Do seu primo mais gabaritado, há certas coisas que não vieram junto. A limitação orçamentária que certamente restringiu muita coisa explica tudo que não se vê em termos de grandes destaques ou que são entendidos enquanto problemas mais gerais. A história, por exemplo, pode ser facilmente resumida como um médico da peste lutando para recuperar suas memórias no Reino de Hermes, a terra da alquimia.

Essa terra possui certa beleza gráfica, mas, ao mesmo tempo, carece de certos polimentos na direção de arte ou ainda quando olhamos com atenção para certos cenários não jogáveis, que ficam no horizonte. Todavia, quão mais fechado um ambiente é, mais bonito o jogo fica. Por isso, na medida do possível, espere por muitos locais fechados ao longo de todo game.

Dark Souls e os demais soulslikes fizeram escola e história. O que não é ruim, pelo contrário. Em sendo um jogo que emula muitas das características dos títulos da From, especialmente o já citado Bloodborne, Thymesia é suficientemente interessante para ser aprovado por média, embora com algumas poucas ressalvas. Por sorte, tais ressalvas acabam sendo nubladas pelos seus acertos em detrimento dos seus erros.

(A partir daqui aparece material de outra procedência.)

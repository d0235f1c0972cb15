ghost use Rattle.std.specs.Prelude.{◌≡◌, ◌==◌, position};

use super::*;
use isa::{Image, Note, NoteKind, is_image};
use pruelf::{LoadCause, LoadFault, Sym, SymbolName, SymbolPart, load};
use restable::{Name, Trace, is_name};
use std::alloc::Global;
use std::test::Fail;

/// `LBCO R2, C28, 0, 4`, `ADD R2, R2, 1`, `SBCO R2, C28, 0, 4`, `HALT`.
const ADDING: [u32; 4] = [0x9100_1c62, 0x0101_e2e2, 0x8100_1c62, 0x2a00_0000];

/// `LDI R2, 3`, `L1: SUB R2, R2, 1`, `QBNE L1, R2, 0`, `HALT`.
const COUNTING: [u32; 4] = [0x2400_03e2, 0x0501_e2e2, 0x6f00_e2ff, 0x2a00_0000];

/// `LOOP L1, 4`, `ADD R2, R2, 1`, `L1: OR R30, R2, R2`, `HALT`.
const LOOPING: [u32; 4] = [0x3103_0100, 0x0101_e2e2, 0x12e2_e2fe, 0x2a00_0000];

// By hand: the header; the program headers at 52 and 84. The code follows at 116.
const FRONT: [u32; 29] = [
    0x464c457f, 0x10101, 0, 0, 0x900002, 1, 0, 52, 240, 0, 0x200034, 0x280002, 0x80009, 1, 116, 0,
    0, 16, 16, 5, 4, 1, 132, 16, 16, 0, 0, 6, 4,
];

// The resource table at 132; the null symbol at 148; the symbols' names at 164.
const BEHIND_CODE: [u32; 9] = [1, 0, 0, 0, 0, 0, 0, 0, 0];

// The sections' names at 168.
const NAMES: &[u8; 72] =
    b"\0.text\0.data\0.bss\0.pru.notes\0.resource_table\0.symtab\0.strtab\0.shstrtab\0\0";

// The section headers at 240.
const SECTIONS: [[u32; 10]; 9] = [
    [0, 0, 0, 0, 0, 0, 0, 0, 0, 0],
    [1, 1, 6, 0, 116, 16, 0, 0, 4, 0],
    [7, 1, 3, 16, 132, 0, 0, 0, 4, 0],
    [13, 8, 3, 16, 132, 0, 0, 0, 4, 0],
    [18, 1, 0, 0, 132, 0, 0, 0, 4, 0],
    [29, 1, 0, 0, 132, 16, 0, 0, 4, 0],
    [45, 2, 0, 0, 148, 16, 7, 1, 4, 16],
    [53, 3, 0, 0, 164, 1, 0, 0, 1, 0],
    [61, 3, 0, 0, 168, 71, 0, 0, 1, 0],
];

fn put_all(bytes: &mut Vec<u8>, words: &[u32]) -> Result<(), Fail> {
    for word in words {
        bytes.extend_from_slice(&word.to_le_bytes())?;
    }
    Ok(())
}

fn put_end(bytes: &mut Vec<u8>, sections: &[[u32; 10]; 9]) -> Result<(), Fail> {
    bytes.extend_from_slice(NAMES)?;
    for section in sections {
        put_all(bytes, section)?;
    }
    Ok(())
}

/// The file of four words alone.
fn file(alloc: Global, code: &[u32; 4]) -> Result<Vec<u8>, Fail> {
    let mut bytes = Vec::new(alloc);
    put_all(&mut bytes, &FRONT)?;
    put_all(&mut bytes, code)?;
    put_all(&mut bytes, &BEHIND_CODE)?;
    put_end(&mut bytes, &SECTIONS)?;
    Ok(bytes)
}

/// The image of these words, and of data at this address.
fn image(
    alloc: Global,
    words: &[u32],
    data_at: u32,
    init: &[u8],
    zero: u32,
    notes: &[Note],
) -> Result<Image, Fail> {
    if !is_image(words, data_at, init, zero, notes) {
        return Err("an image")?;
    }
    let words = Vec::from_slice(alloc, words)?;
    let init = Vec::from_slice(alloc, init)?;
    let notes = Vec::from_slice(alloc, notes)?;
    Ok(Image::new(words, data_at, init, zero, notes))
}

/// The executable of these words alone.
fn written(alloc: Global, words: &[u32]) -> Result<Vec<u8>, Fail> {
    let image = image(alloc, words, 0x10, &[], 0, &[])?;
    Ok(write_image(alloc, &image)?)
}

#[test]
fn words_alone_are_written(rt: HostRuntime) -> Result<(), Fail> {
    let alloc = rt.alloc();
    for code in &[ADDING, COUNTING, LOOPING] {
        let bytes = written(alloc, code)?;
        let wanted = file(alloc, code)?;
        assert_eq!(rt; bytes.as_slice(), wanted.as_slice());
    }
    Ok(())
}

/// Reads a short file.
fn loaded(alloc: Global, bytes: &[u8]) -> Result<Result<Image, LoadFault>, Fail> {
    if bytes.len() > 1000 {
        return Err("too long")?;
    }
    Ok(load(alloc, bytes))
}

#[test]
fn words_alone_are_read_again(rt: HostRuntime) -> Result<(), Fail> {
    let alloc = rt.alloc();
    for code in &[ADDING, COUNTING, LOOPING] {
        let bytes = written(alloc, code)?;
        let again = loaded(alloc, &bytes)?.ok().ok_or("an executable")?;
        assert_eq!(rt; again.words(), code.as_slice());
        assert_eq!(rt; (again.data_at(), again.zero()), (0x10, 0));
        assert!(rt; again.init().is_empty() && again.notes().is_empty());
    }
    Ok(())
}

/// Where the file is refused, and why.
fn refused(alloc: Global, bytes: &[u8]) -> Result<(u32, LoadCause), Fail> {
    match loaded(alloc, bytes)? {
        Err(LoadFault::At { offset, cause }) => Ok((offset, cause)),
        _ => Err("a fault")?,
    }
}

#[test]
fn what_is_written_and_changed_is_refused(rt: HostRuntime) -> Result<(), Fail> {
    let alloc = rt.alloc();
    let mut bytes = written(alloc, &ADDING)?;
    for len in 0..bytes.len().min(52) {
        let fault = refused(alloc, &bytes[..len])?;
        assert_eq!(rt; fault, (len as u32, LoadCause::Truncated));
    }
    bytes.push(0)?;
    assert_eq!(rt; refused(alloc, &bytes)?, (600, LoadCause::Trailing));
    let place = bytes.get_mut(88).ok_or("a byte of the file")?;
    *place = 116;
    assert_eq!(rt; refused(alloc, &bytes)?, (88, LoadCause::Segment));
    Ok(())
}

const NOTES: [Note; 2] = [
    Note {
        word: 0,
        kind: NoteKind::Enter,
        value: 7,
    },
    Note {
        word: 2,
        kind: NoteKind::Own,
        value: 0,
    },
];

// Three bytes of data at 0x20 and five bytes 0 behind them: the data in the file at 132, filled with one byte; the notes at
// 136; the resource table at 152; the null symbol at 168; the symbols' names at 184; the sections' names at 188; the section
// headers at 260.
const FRONT_WITH_DATA: [u32; 29] = [
    0x464c457f, 0x10101, 0, 0, 0x900002, 1, 0, 52, 260, 0, 0x200034, 0x280002, 0x80009, 1, 116, 0,
    0, 16, 16, 5, 4, 1, 132, 32, 32, 3, 8, 6, 4,
];

const BEHIND_CODE_WITH_DATA: [u32; 14] = [
    0x30201, 0x10000, 7, 0x50002, 0, 1, 0, 0, 0, 0, 0, 0, 0, 0,
];

const SECTIONS_WITH_DATA: [[u32; 10]; 9] = [
    [0, 0, 0, 0, 0, 0, 0, 0, 0, 0],
    [1, 1, 6, 0, 116, 16, 0, 0, 4, 0],
    [7, 1, 3, 32, 132, 3, 0, 0, 4, 0],
    [13, 8, 3, 35, 135, 5, 0, 0, 4, 0],
    [18, 1, 0, 0, 136, 16, 0, 0, 4, 0],
    [29, 1, 0, 0, 152, 16, 0, 0, 4, 0],
    [45, 2, 0, 0, 168, 16, 7, 1, 4, 16],
    [53, 3, 0, 0, 184, 1, 0, 0, 1, 0],
    [61, 3, 0, 0, 188, 71, 0, 0, 1, 0],
];

fn file_with_data(alloc: Global) -> Result<Vec<u8>, Fail> {
    let mut bytes = Vec::new(alloc);
    put_all(&mut bytes, &FRONT_WITH_DATA)?;
    put_all(&mut bytes, &ADDING)?;
    put_all(&mut bytes, &BEHIND_CODE_WITH_DATA)?;
    put_end(&mut bytes, &SECTIONS_WITH_DATA)?;
    Ok(bytes)
}

#[test]
fn data_and_notes_are_written(rt: HostRuntime) -> Result<(), Fail> {
    let alloc = rt.alloc();
    let image = image(alloc, &ADDING, 0x20, &[1, 2, 3], 5, &NOTES)?;
    let bytes = write_image(alloc, &image)?;
    let wanted = file_with_data(alloc)?;
    assert_eq!(rt; bytes.as_slice(), wanted.as_slice());
    Ok(())
}

#[test]
fn data_and_notes_are_read_again(rt: HostRuntime) -> Result<(), Fail> {
    let alloc = rt.alloc();
    let image = image(alloc, &ADDING, 0x20, &[1, 2, 3], 5, &NOTES)?;
    let bytes = write_image(alloc, &image)?;
    let again = loaded(alloc, &bytes)?.ok().ok_or("an executable")?;
    assert_eq!(rt; (again.data_at(), again.zero()), (0x20, 5));
    assert_eq!(rt; again.init(), [1, 2, 3].as_slice());
    assert_eq!(rt; again.notes(), NOTES.as_slice());
    Ok(())
}

// As before, with a trace and three symbols: the resource table at 152; the null symbol at 220 and the others behind it; the
// symbols' names at 284; the sections' names at 296; the section headers at 368.
const FRONT_WITH_SYMBOLS: [u32; 29] = [
    0x464c457f, 0x10101, 0, 0, 0x900002, 1, 0, 52, 368, 0, 0x200034, 0x280002, 0x80009, 1, 116, 0,
    0, 16, 16, 5, 4, 1, 132, 32, 32, 3, 8, 6, 4,
];

// The data and the notes; the table of one entry at 20 in it; the symbols `main`, `x` and `y`.
const BEHIND_CODE_WITH_SYMBOLS: [u32; 38] = [
    0x30201, 0x10000, 7, 0x50002, 0, 1, 1, 0, 0, 20, 2, 0x10000, 256, 0, 0x676f6c, 0, 0, 0, 0, 0,
    0, 0, 0, 0, 0, 0, 1, 0, 16, 0x10012, 6, 32, 3, 0x20011, 8, 35, 5, 0x30011,
];

const SECTIONS_WITH_SYMBOLS: [[u32; 10]; 9] = [
    [0, 0, 0, 0, 0, 0, 0, 0, 0, 0],
    [1, 1, 6, 0, 116, 16, 0, 0, 4, 0],
    [7, 1, 3, 32, 132, 3, 0, 0, 4, 0],
    [13, 8, 3, 35, 135, 5, 0, 0, 4, 0],
    [18, 1, 0, 0, 136, 16, 0, 0, 4, 0],
    [29, 1, 0, 0, 152, 68, 0, 0, 4, 0],
    [45, 2, 0, 0, 220, 64, 7, 1, 4, 16],
    [53, 3, 0, 0, 284, 10, 0, 0, 1, 0],
    [61, 3, 0, 0, 296, 71, 0, 0, 1, 0],
];

fn file_with_symbols(alloc: Global) -> Result<Vec<u8>, Fail> {
    let mut bytes = Vec::new(alloc);
    put_all(&mut bytes, &FRONT_WITH_SYMBOLS)?;
    put_all(&mut bytes, &ADDING)?;
    put_all(&mut bytes, &BEHIND_CODE_WITH_SYMBOLS)?;
    bytes.extend_from_slice(b"\0main\0x\0y\0\0\0")?;
    put_end(&mut bytes, &SECTIONS_WITH_SYMBOLS)?;
    Ok(bytes)
}

/// Where the first byte of 0 is.
fn zero_in(text: &[u8]) -> Option<usize>
    ensures { result ≡ position (λ b. b == 0) text.now }
{
    text.iter().position(|b| *b == 0)
}

/// The symbol of this name.
fn symbol(
    alloc: Global,
    name: &[u8],
    part: SymbolPart,
    value: u32,
    size: u32,
) -> Result<Sym, Fail> {
    if zero_in(name).is_some() {
        return Err("the name of a symbol")?;
    }
    let name = SymbolName::from_vec(Vec::from_slice(alloc, name)?);
    let function = part == SymbolPart::Code;
    Ok(Sym {
        name,
        part,
        value,
        size,
        function,
    })
}

/// The function `main`, `x` in the data and `y` in the zero part.
fn three_symbols(alloc: Global) -> Result<Vec<Sym>, Fail> {
    let mut symbols = Vec::new(alloc);
    symbols.push(symbol(alloc, b"main", SymbolPart::Code, 0, 16)?)?;
    symbols.push(symbol(alloc, b"x", SymbolPart::Data, 32, 3)?)?;
    symbols.push(symbol(alloc, b"y", SymbolPart::Zero, 35, 5)?)?;
    Ok(symbols)
}

/// The trace `log`.
fn log(alloc: Global) -> Result<Trace, Fail> {
    let name = b"log".as_slice();
    if !is_name(name) {
        return Err("the name of a trace")?;
    }
    Ok(Trace {
        name: Name::from_vec(Vec::from_slice(alloc, name)?),
        addr: 0x10000,
        len: 256,
    })
}

fn extra(alloc: Global) -> Result<Extra, Fail> {
    let symbols = three_symbols(alloc)?;
    if !are_defined(&symbols) {
        return Err("symbols that are defined")?;
    }
    Ok(Extra::with_traces(alloc, symbols, &[log(alloc)?])?)
}

/// The executable of an image and what stands besides.
fn written_with(alloc: Global, image: &Image, extra: &Extra) -> Result<Vec<u8>, Fail> {
    if !can_be_written(image, extra) {
        return Err("a short executable")?;
    }
    Ok(write_exec(alloc, image, extra)?)
}

#[test]
fn symbols_and_traces_are_written(rt: HostRuntime) -> Result<(), Fail> {
    let alloc = rt.alloc();
    let image = image(alloc, &ADDING, 0x20, &[1, 2, 3], 5, &NOTES)?;
    let bytes = written_with(alloc, &image, &extra(alloc)?)?;
    let wanted = file_with_symbols(alloc)?;
    assert_eq!(rt; bytes.len(), 728);
    assert_eq!(rt; bytes.as_slice(), wanted.as_slice());
    Ok(())
}

#[test]
fn what_is_only_used_is_no_symbol_of_an_executable(rt: HostRuntime) -> Result<(), Fail> {
    let alloc = rt.alloc();
    let mut symbols = three_symbols(alloc)?;
    assert!(rt; are_defined(&symbols));
    symbols.push(symbol(alloc, b"printf", SymbolPart::Used, 0, 0)?)?;
    assert!(rt; !are_defined(&symbols));
    Ok(())
}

Thymesia pode ser julgado a partir de duas óticas: a primeira é pelo jogo que ele é. Ou seja, por tudo aquilo que ele consegue ser a partir de si mesmo e das suas propostas narrativas e de jogabilidade. E a outra forma pela qual ele pode ser julgado é como mais um jogo inspirado em tantos outros que estão por aí que usaram o padrão FromSoftware para se lançarem ou não ao estrelato.

Nota
Geral
7.0
thymesiaHá, em Thymesia, certa pretensão. Não dá para dizer que não é um jogo que não se arriscou dentro do que a sua proposta de jogabilidade se propõe a ser. Porém, limitações orçamentárias impedem-no de alçar voos maiores. Resta o seguinte: em um mundo em que já não existissem jogos como Dark Souls, Sekiro, Elden Ring e Bloodborne, este último sendo a mais óbvia inspiração aqui, Thymesia abriria seu próprio caminho para se tornar um clássico absoluto ao criar o subgênero Thysouls ou Soulsmesia.